(Data excerpts)
....

ghost use Rattle.std.specs.Prelude.{◌≡◌, IfOk};

use base_types::{ListOf, OutOfMemory, Text};
use std::alloc::Global;

/// An item of a list.
#[derive(Debug, Drop, PartialEq)]
pub enum Item {
    Text(Text),
    Whole(i64),
    Flag(bool),
    /// In millionths.
    Decimal(i64),
}

pub type ItemList = ListOf<Item>;

/// The value of a field.
#[derive(Debug, Drop, PartialEq)]
pub enum Value {
    Text(Text),
    Whole(i64),
    Flag(bool),
    /// In millionths.
    Decimal(i64),
    List(ItemList),
}

impl Item {
    pub fn copy(&self, alloc: Global) -> Result<Item, OutOfMemory>
        ensures { IfOk result (λ item. item ≡ self.now) }
    {
        Ok(match self {
            Item::Text(text) => Item::Text(text.copy(alloc)?),
            Item::Whole(n) => Item::Whole(*n),
            Item::Flag(flag) => Item::Flag(*flag),
            Item::Decimal(n) => Item::Decimal(*n),
        })
    }
}

/// A copy of the items.
pub(crate) fn copy_items(alloc: Global, items: &[Item]) -> Result<ItemList, OutOfMemory>
    ensures { IfOk result (λ copied. copied ≡ items.now) }
{
    let mut copied = Vec::with_capacity(alloc, items.len())?;
    'items: for item in items {
        copied.push(item.copy(alloc)?)?;
    }
    Ok(ItemList::from(copied))
}

impl Value {
    pub fn copy(&self, alloc: Global) -> Result<Value, OutOfMemory>
        ensures { IfOk result (λ value. value ≡ self.now) }
    {
        Ok(match self {
            Value::Text(text) => Value::Text(text.copy(alloc)?),
            Value::Whole(n) => Value::Whole(*n),
            Value::Flag(flag) => Value::Flag(*flag),
            Value::Decimal(n) => Value::Decimal(*n),
            Value::List(items) => Value::List(copy_items(alloc, items.as_slice())?),
        })
    }
}
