//! What the files of a store stand for: the definitions, and laws on them; and what sealing lines of outputs doesn't change of it.
#![tactic(auto)]

mod heading;
mod laws;
mod sealing;

pub use heading::{FIRST_FORMAT, ROOT, WRITTEN_FORMAT, heading_of, root_heading};
pub use laws::{
    a_store_is_damaged_at_one_place, a_store_opens_or_is_damaged, what_is_held_is_one,
    what_is_stored_is_one, what_opens_is_whole, what_stands_whole_is_held,
};
pub use sealing::{
    sealed_histories, sealed_steps, sealing_all_is_sealing, sealing_is_kept,
    sealing_keeps_what_is_spent, what_is_renewed_stands,
};
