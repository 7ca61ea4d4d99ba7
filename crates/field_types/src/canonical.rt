//! Whether values are canonical.
ghost use Rattle.std.specs.Prelude.{◌≡◌, ◌↔◌, IfOk, IsTrue, Option, Some};
ghost use Rattle.field_types.specs.declared.value.Value.{Value as AnyValue};
ghost use Rattle.field_types.specs.declared.value.Value.TheVariants as value;
ghost use Rattle.field_types.specs.Cleaning.{IsCleaned, IsOfKind};
ghost use Rattle.field_types.specs.Kept.{takes_items};

use crate::cleaning::{clean_decimal, clean_flag, clean_whole, takes_items};
use crate::texts::{Kept, keep};
use crate::{FieldFault, FieldType, Value};
use base_types::OutOfMemory;
use scalar_text::strip;
use std::alloc::Global;

// The value that cleaning gave, if it gave one.
fn given(cleaned: Result<Value, FieldFault>) -> Result<Option<Value>, OutOfMemory>
    ensures { (o : Option AnyValue) → IsCleaned o cleaned → IfOk result (λ value. value ≡ o) }
{
    match cleaned {
        Ok(value) => Ok(Some(value)),
        Err(FieldFault::BadValue) => Ok(None),
        Err(FieldFault::OutOfMemory) => Err(OutOfMemory),
    }
}

fn is_the_text(kept: &Value, text: &str) -> bool
    ensures { IsTrue result ↔ kept.now ≡ value.Text text.now }
{
    match kept {
        Value::Text(other) => other.as_str() == text,
        _ => false,
    }
}

fn is_the_whole(kept: Option<Value>, n: i64) -> bool
    ensures { IsTrue result ↔ kept ≡ Some (value.Whole n) }
{
    match kept {
        Some(Value::Whole(m)) => m == n,
        _ => false,
    }
}

fn is_the_flag(kept: Option<Value>, flag: bool) -> bool
    ensures { IsTrue result ↔ kept ≡ Some (value.Flag flag) }
{
    match kept {
        Some(Value::Flag(other)) => other == flag,
        _ => false,
    }
}

fn is_the_decimal(kept: Option<Value>, n: i64) -> bool
    ensures { IsTrue result ↔ kept ≡ Some (value.Decimal n) }
{
    match kept {
        Some(Value::Decimal(m)) => m == n,
        _ => false,
    }
}

fn is_canonical_text(alloc: Global, kind: FieldType, text: &str) -> Result<bool, OutOfMemory>
    ensures { IfOk result (λ is. IsTrue is ↔ IsOfKind kind (value.Text text.now)) }
{
    let stripped = strip(text);
    match keep(alloc, kind, stripped) {
        Ok(Kept::Same) => Ok(stripped.len() == text.len()),
        Ok(Kept::Other(value)) => Ok(is_the_text(&value, text)),
        Err(FieldFault::BadValue) => Ok(false),
        Err(FieldFault::OutOfMemory) => Err(OutOfMemory),
    }
}

/// Whether a value is canonical for a kind: cleaning doesn't change it.
pub fn is_canonical(alloc: Global, kind: FieldType, value: &Value) -> Result<bool, OutOfMemory>
    ensures { IfOk result (λ is. IsTrue is ↔ IsOfKind kind value.now) }
{
    match value {
        Value::Text(text) => is_canonical_text(alloc, kind, text.as_str()),
        Value::Whole(n) => Ok(is_the_whole(given(clean_whole(alloc, kind, *n))?, *n)),
        Value::Flag(flag) => Ok(is_the_flag(given(clean_flag(alloc, kind, *flag))?, *flag)),
        Value::Decimal(n) => Ok(is_the_decimal(given(clean_decimal(alloc, kind, *n))?, *n)),
        Value::List(items) => Ok(takes_items(kind, items.as_slice())),
    }
}
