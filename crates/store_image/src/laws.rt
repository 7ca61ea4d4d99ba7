ghost use Rattle.std.specs.Prelude.{◌≡◌, List, true, ℕ};
ghost use Rattle.edge_traits.specs.Disk.{Image};
ghost use Rattle.step_code.specs.Rules.{Meaning};
ghost use Rattle.store_image.specs.Damage.{IsDamagedStore};
ghost use Rattle.store_image.specs.History.{HasHistory};
ghost use Rattle.store_image.specs.Opens.{Opens};
ghost use Rattle.store_image.specs.Stands.{origin_of, Stands};
ghost use Rattle.store_image.specs.Stored.{IsStored};

use step_code::{Base, Step};

/// The files of a store hold one generation, one state, and one list of steps, in one format.
pub fn what_is_stored_is_one()
    ensures { (image : Image) (g h : ℕ) (a b : Base) (s t : List Step) (one : IsStored image g a s) (other : IsStored image h b t)
        → (g ≡ h) × (a ≡ b) × (s ≡ t) × (one.holds.format ≡ other.holds.format) }
{}

/// Where all generations of a store are looked at, its files hold the history that they stand for.
pub fn what_stands_whole_is_held()
    ensures { (m : Meaning) (first : Base) (image : Image) (history : List Step) → Stands m (origin_of first true) image history → HasHistory image history }
{}

/// All generations of a store hold one history.
pub fn what_is_held_is_one()
    ensures { (image : Image) (a b : List Step) → HasHistory image a → HasHistory image b → a ≡ b }
{}

/// What opens isn't damaged anywhere.
pub fn what_opens_is_whole()
    ensures { (m : Meaning) (image : Image) (generation : ℕ) (base : Base) (steps : List Step) (file at : ℕ) → Opens m image generation base steps → IsDamagedStore m image file at → ⊥ }
{}

/// A store is damaged at one place of one file.
pub fn a_store_is_damaged_at_one_place()
    ensures { (m : Meaning) (image : Image) (file at other place : ℕ) → IsDamagedStore m image file at → IsDamagedStore m image other place → (file ≡ other) × (at ≡ place) }
{}

/// A store opens or is damaged: no image does neither. An empty root is damaged at its front.
pub fn a_store_opens_or_is_damaged()
    ensures { (m : Meaning) (image : Image) → ((generation : ℕ) (base : Base) (steps : List Step) → Opens m image generation base steps → ⊥) → ((file at : ℕ) → IsDamagedStore m image file at → ⊥) → ⊥ }
{}
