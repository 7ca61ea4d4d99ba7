//! What the kinds make of stripped texts.
ghost use Rattle.std.specs.Prelude.{◌≡◌, ◌==◌, length, map, option_map, option_and_then};
ghost use Rattle.std.specs.List.{list_all, list_any};
ghost use Rattle.std.specs.Option.{option_copied};
ghost use Rattle.std.specs.Char.{is_ascii_uppercase, is_ascii_lowercase};
ghost use Rattle.field_types.specs.declared.texts.Kept.TheVariants as kept;
ghost use Rattle.field_types.specs.declared.kind.FieldType.TheVariants as kind;
ghost use Rattle.field_types.specs.declared.value.Value.TheVariants as value;
ghost use Rattle.field_types.specs.Cleaning.{of_text, is_accuracy, is_alphanumeric, is_country_code};
ghost use Rattle.field_types.specs.Kept.{IsKeptAs};

use crate::{FieldFault, FieldType, Value};
use base_types::Text;
use scalar_net::{
    is_plain_url, print_ip, print_network, read_asn, read_fqdn, read_ip, read_network, read_url,
};
use scalar_text::{
    class_word, is_printed_time, print_time, read_decimal, read_flag, read_port, read_raw,
    read_time, read_whole, registry_word, taxonomy_word, tlp_word,
};
use std::alloc::Global;

/// What a kind makes of a text.
#[derive(Drop)]
pub enum Kept {
    /// The text as it stands, which is canonical already.
    Same,
    Other(Value),
}

fn text_of(text: Text) -> Kept
    ensures { result ≡ kept.Other (value.Text text) }
{
    Kept::Other(Value::Text(text))
}

fn keep_text(text: &str) -> Result<Kept, FieldFault>
    ensures { IsKeptAs (of_text kind.Text text.now) text.now result }
{
    if text.is_empty() {
        Err(FieldFault::BadValue)
    } else {
        Ok(Kept::Same)
    }
}

fn has_upper(text: &str) -> bool
    ensures { result ≡ list_any is_ascii_uppercase text.now }
{
    text.bytes().any(|b| b.is_ascii_uppercase())
}

fn has_lower(text: &str) -> bool
    ensures { result ≡ list_any is_ascii_lowercase text.now }
{
    text.bytes().any(|b| b.is_ascii_lowercase())
}

fn lower(alloc: Global, text: &str) -> Result<Kept, FieldFault>
    ensures { IsKeptAs (of_text kind.Lower text.now) text.now result }
{
    if !has_upper(text) {
        return keep_text(text);
    }
    Ok(text_of(Text::from(text.to_ascii_lowercase(alloc)?)))
}

fn upper(alloc: Global, text: &str) -> Result<Kept, FieldFault>
    ensures { IsKeptAs (of_text kind.Upper text.now) text.now result }
{
    if !has_lower(text) {
        return keep_text(text);
    }
    Ok(text_of(Text::from(text.to_ascii_uppercase(alloc)?)))
}

fn are_alphanumeric(text: &[u8]) -> bool
    ensures { result ≡ list_all is_alphanumeric text.now }
{
    text.iter().all(|b| b.is_ascii_alphanumeric())
}

fn is_country_code(text: &[u8]) -> bool
    ensures { result ≡ is_country_code text.now }
{
    text.len() == 2 && are_alphanumeric(text)
}

fn country(alloc: Global, text: &str) -> Result<Kept, FieldFault>
    ensures { IsKeptAs (of_text kind.Cc text.now) text.now result }
{
    if !is_country_code(text.as_bytes()) {
        return Err(FieldFault::BadValue);
    }
    upper(alloc, text)
}

fn decimal(text: &str) -> Result<Kept, FieldFault>
    ensures { IsKeptAs (of_text kind.Decimal text.now) text.now result }
{
    match read_decimal(text.as_bytes()) {
        Ok(n) => Ok(Kept::Other(Value::Decimal(n))),
        Err(_) => Err(FieldFault::BadValue),
    }
}

fn accuracy(text: &str) -> Result<Kept, FieldFault>
    ensures { IsKeptAs (of_text kind.Accuracy text.now) text.now result }
{
    match read_decimal(text.as_bytes()) {
        Ok(n) if is_accuracy(n) => Ok(Kept::Other(Value::Decimal(n))),
        _ => Err(FieldFault::BadValue),
    }
}

/// Whether millionths lie from 0 to 100.
pub(crate) fn is_accuracy(n: i64) -> bool
    ensures { result ≡ is_accuracy n }
{
    n >= 0 && n <= 100_000_000
}

fn whole(text: &str) -> Result<Kept, FieldFault>
    ensures { IsKeptAs (of_text kind.Whole text.now) text.now result }
{
    match read_whole(text.as_bytes()) {
        Ok(n) => Ok(Kept::Other(Value::Whole(n))),
        Err(_) => Err(FieldFault::BadValue),
    }
}

fn asn(text: &str) -> Result<Kept, FieldFault>
    ensures { IsKeptAs (of_text kind.Asn text.now) text.now result }
{
    match read_asn(text.as_bytes()) {
        Ok(n) => Ok(Kept::Other(Value::Whole(i64::from(n)))),
        Err(_) => Err(FieldFault::BadValue),
    }
}

fn port(text: &str) -> Result<Kept, FieldFault>
    ensures { IsKeptAs (of_text kind.Port text.now) text.now result }
{
    match read_port(text.as_bytes()) {
        Ok(n) => Ok(Kept::Other(Value::Whole(i64::from(n)))),
        Err(_) => Err(FieldFault::BadValue),
    }
}

fn flag(text: &str) -> Result<Kept, FieldFault>
    ensures { IsKeptAs (of_text kind.Flag text.now) text.now result }
{
    match read_flag(text.as_bytes()) {
        Ok(flag) => Ok(Kept::Other(Value::Flag(flag))),
        Err(_) => Err(FieldFault::BadValue),
    }
}

fn address(alloc: Global, text: &str) -> Result<Kept, FieldFault>
    ensures { IsKeptAs (of_text kind.Ip text.now) text.now result }
{
    let Ok(ip) = read_ip(text.as_bytes()) else {
        return Err(FieldFault::BadValue);
    };
    if !ip.six {
        return Ok(Kept::Same);
    }
    Ok(text_of(print_ip(alloc, &ip)?))
}

fn network(alloc: Global, text: &str) -> Result<Kept, FieldFault>
    ensures { IsKeptAs (of_text kind.Network text.now) text.now result }
{
    match read_network(text.as_bytes()) {
        Ok(net) => Ok(text_of(print_network(alloc, &net)?)),
        Err(_) => Err(FieldFault::BadValue),
    }
}

fn domain(alloc: Global, text: &str) -> Result<Kept, FieldFault>
    ensures { IsKeptAs (of_text kind.Fqdn text.now) text.now result }
{
    let name = read_fqdn(alloc, text.as_bytes())?;
    if name.as_str() == text {
        return Ok(Kept::Same);
    }
    Ok(text_of(Text::from(name.into_owned(alloc)?)))
}

fn url(alloc: Global, text: &str) -> Result<Kept, FieldFault>
    ensures { IsKeptAs (of_text kind.Url text.now) text.now result }
{
    if is_plain_url(text) {
        return Ok(Kept::Same);
    }
    Ok(text_of(read_url(alloc, text.as_bytes())?))
}

fn time(alloc: Global, text: &str) -> Result<Kept, FieldFault>
    ensures { IsKeptAs (of_text kind.DateTime text.now) text.now result }
{
    let Ok(seconds) = read_time(text.as_bytes()) else {
        return Err(FieldFault::BadValue);
    };
    if is_printed_time(text.as_bytes()) {
        return Ok(Kept::Same);
    }
    Ok(text_of(print_time(alloc, seconds)?))
}

fn raw(alloc: Global, text: &str) -> Result<Kept, FieldFault>
    ensures { IsKeptAs (of_text kind.Raw text.now) text.now result }
{
    read_raw(alloc, text.as_bytes())?;
    Ok(Kept::Same)
}

// The word that the text spells, if it does.
fn word(alloc: Global, text: &str, word: Option<&'static str>) -> Result<Kept, FieldFault>
    ensures { IsKeptAs (option_map value.Text (option_copied word.entry)) text.now result }
{
    let Some(word) = word else {
        return Err(FieldFault::BadValue);
    };
    if word == text {
        return Ok(Kept::Same);
    }
    Ok(text_of(Text::from(String::from_str(alloc, word)?)))
}

/// What a kind makes of a stripped text; `BadValue` exactly where it doesn't take the text.
pub fn keep(alloc: Global, kind: FieldType, text: &str) -> Result<Kept, FieldFault>
    ensures { IsKeptAs (of_text kind text.now) text.now result }
{
    match kind {
        FieldType::Text | FieldType::Extra => keep_text(text),
        FieldType::Lower => lower(alloc, text),
        FieldType::Upper => upper(alloc, text),
        FieldType::Cc => country(alloc, text),
        FieldType::Decimal => decimal(text),
        FieldType::Accuracy => accuracy(text),
        FieldType::Whole => whole(text),
        FieldType::Asn => asn(text),
        FieldType::Port => port(text),
        FieldType::Flag => flag(text),
        FieldType::Ip => address(alloc, text),
        FieldType::Network => network(alloc, text),
        FieldType::Fqdn => domain(alloc, text),
        FieldType::Url => url(alloc, text),
        FieldType::DateTime => time(alloc, text),
        FieldType::Raw => raw(alloc, text),
        FieldType::Tlp => word(alloc, text, tlp_word(text.as_bytes())),
        FieldType::Registry => word(alloc, text, registry_word(text.as_bytes())),
        FieldType::Class => word(alloc, text, class_word(text.as_bytes())),
        FieldType::Taxonomy => word(alloc, text, taxonomy_word(text.as_bytes())),
    }
}
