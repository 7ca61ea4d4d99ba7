/// The kinds of fields.
#[derive(Clone, Copy, Debug, PartialEq, Eq)]
pub enum FieldType {
    /// Text that isn't empty.
    Text,
    /// Text whose ASCII letters are in lower case.
    Lower,
    /// Text whose ASCII letters are in upper case.
    Upper,
    /// A country's code: two ASCII letters or digits, in upper case.
    Cc,
    /// A decimal number, in millionths.
    Decimal,
    /// A decimal number from 0 to 100.
    Accuracy,
    /// A whole number of at most 18 digits.
    Whole,
    /// The number of an autonomous system.
    Asn,
    /// A port of TCP or UDP.
    Port,
    /// A flag.
    Flag,
    /// An address of IPv4 or IPv6.
    Ip,
    /// A network: an address and the length of its prefix.
    Network,
    /// A domain name.
    Fqdn,
    /// A URL with a host.
    Url,
    /// A time in UTC.
    DateTime,
    /// Bytes in base64.
    Raw,
    /// A mark of the Traffic Light Protocol.
    Tlp,
    /// A regional Internet registry.
    Registry,
    /// A type of incidents.
    Class,
    /// A taxonomy of incidents.
    Taxonomy,
    /// Further data of any kind: a text, a number, a flag, or a list of these.
    Extra,
}
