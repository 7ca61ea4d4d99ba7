//! The fields of a message: their names, kinds and canonical values.
#![tactic(auto)]

mod canonical;
mod cleaning;
mod fault;
mod field;
mod key;
mod kind;
mod name;
mod texts;
mod value;
mod writing;

pub use canonical::is_canonical;
pub use cleaning::{clean_values_stay, sanitise, sanitise_own, sanitise_text};
pub use fault::FieldFault;
pub use field::{FIELDS, type_of, type_of_bytes};
pub use key::FieldKey;
pub use kind::FieldType;
pub use name::FieldName;
pub use texts::{Kept, keep};
pub use value::{Item, ItemList, Value};
pub use writing::{push_name, push_text, push_value};
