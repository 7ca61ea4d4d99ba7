ghost use Rattle.std.specs.Prelude.{◌≡◌};
ghost use Rattle.base_types.specs.declared.scalar.ScalarFault.{ScalarFault};
ghost use Rattle.field_types.specs.declared.fault.FieldFault.TheVariants.{OutOfMemory};
ghost use Rattle.field_types.specs.Faults.{of_scalar};

use base_types::ScalarFault;
use std::alloc::AllocError;

/// Why a value has no place in a field.
#[derive(Clone, Copy, Debug, PartialEq, Eq)]
pub enum FieldFault {
    /// The kind of the field has no canonical value for it.
    BadValue,
    OutOfMemory,
}

impl From<AllocError> for FieldFault {
    ghost from_gives = { λ _ fault. fault ≡ OutOfMemory };

    fn from(_: AllocError) -> Self {
        FieldFault::OutOfMemory
    }
}

impl From<base_types::OutOfMemory> for FieldFault {
    ghost from_gives = { λ _ fault. fault ≡ OutOfMemory };

    fn from(_: base_types::OutOfMemory) -> Self {
        FieldFault::OutOfMemory
    }
}

impl From<ScalarFault> for FieldFault {
    ghost from_gives = { λ from fault. fault ≡ of_scalar from };

    fn from(fault: ScalarFault) -> Self {
        match fault {
            ScalarFault::Bad => FieldFault::BadValue,
            ScalarFault::OutOfMemory => FieldFault::OutOfMemory,
        }
    }
}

....

**Exercise prompt**
Would you filter the records and copy each line that contains the word "Prelude"?

**Result of this task**
ghost use Rattle.std.specs.Prelude.{◌≡◌, IfOk};
ghost use Rattle.std.specs.Prelude.{◌≡◌, ◌↔◌, IfOk, IsTrue, Option, Some};
ghost use Rattle.std.specs.Prelude.{◌≡◌, List, true, ℕ};
ghost use Rattle.std.specs.Prelude.{◌≡◌, ◌==◌, length, map, option_map, option_and_then};
ghost use Rattle.std.specs.Prelude.{◌≡◌};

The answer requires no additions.